The first step is to load our model onto the GPU for faster inference. Note that we load the model and tokenizer separately (although that isn't always necessary).

Phi-3 family of small language and multi-modal models. Language models are available in short- and long-context lengths.
https://huggingface.co/collections/microsoft/phi-3-6626e15e9585a200d2d761e3


In [5]:
from transformers import AutoModelForCausalLM, AutoTokenizer

# Load model and tokenizer
model = AutoModelForCausalLM.from_pretrained(
    "microsoft/Phi-3-mini-4k-instruct",
    device_map="cuda",
    torch_dtype="auto",
    trust_remote_code=True,
)
tokenizer = AutoTokenizer.from_pretrained("microsoft/Phi-3-mini-4k-instruct")

Note that we assume you have an NVIDIA GPU (device_map="cuda") but you can choose a different device instead. 

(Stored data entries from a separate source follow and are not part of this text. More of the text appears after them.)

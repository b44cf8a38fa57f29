//! A count that only contracts read.
ghost use Rattle.std.specs.Prelude.{◌≡◌, ◌+◌, ℕ};
ghost use Rattle.std.specs.Borrow.{ftrue};

use std::marker::Model;

/// A count of events, like the faults of a store. It takes no bytes, and its calls do nothing when the program runs.
#[derive(Drop)]
pub struct GhostCount {
    pub ghost count: { ℕ },
}

impl Model for GhostCount {
    ghost also_owns = { λ _. ftrue };
}

// It owns nothing.
unsafe impl Send for GhostCount {}

impl GhostCount {
    /// Returns a count of 0.
    pub fn new() -> GhostCount
        ensures { result.count ≡ 0 }
    {
        GhostCount {}
    }

    /// Returns the count that is higher by 1.
    pub fn more(&self) -> GhostCount
        ensures { result.count ≡ self.now.count + 1 }
    {
        GhostCount {}
    }
}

Although we can now use the model and tokenizer directly, it's much easier to wrap it in a `pipeline` object:

In [2]:
from transformers import pipeline

# Create a pipeline
generator = pipeline(
    "text-generation",
    model=model,
    tokenizer=tokenizer,
    return_full_text=False,
    max_new_tokens=500,
    do_sample=False
)


* `return_full_text` By setting this to False, the prompt will not be returned but merely the output of the model.
* `max_new_tokens` The maximum number of tokens the model will generate. By setting a limit, we prevent long and unwieldy output as some models might continue generating output until they reach their context window.
* * `do_sample` Whether the model uses a sampling strategy to choose the next token. By setting this to False, the model will always select the next most probable token. 

Finally, we create our prompt as a user and give it to the model:

In [4]:
# The prompt (user input / query)
messages = [
    {"role": "user", "content": "Create a funny joke about chickens."}
]

# Generate output
output = generator(messages)
print(output[0]["generated_text"])

 Why did the chicken join the band? Because it had the drumsticks!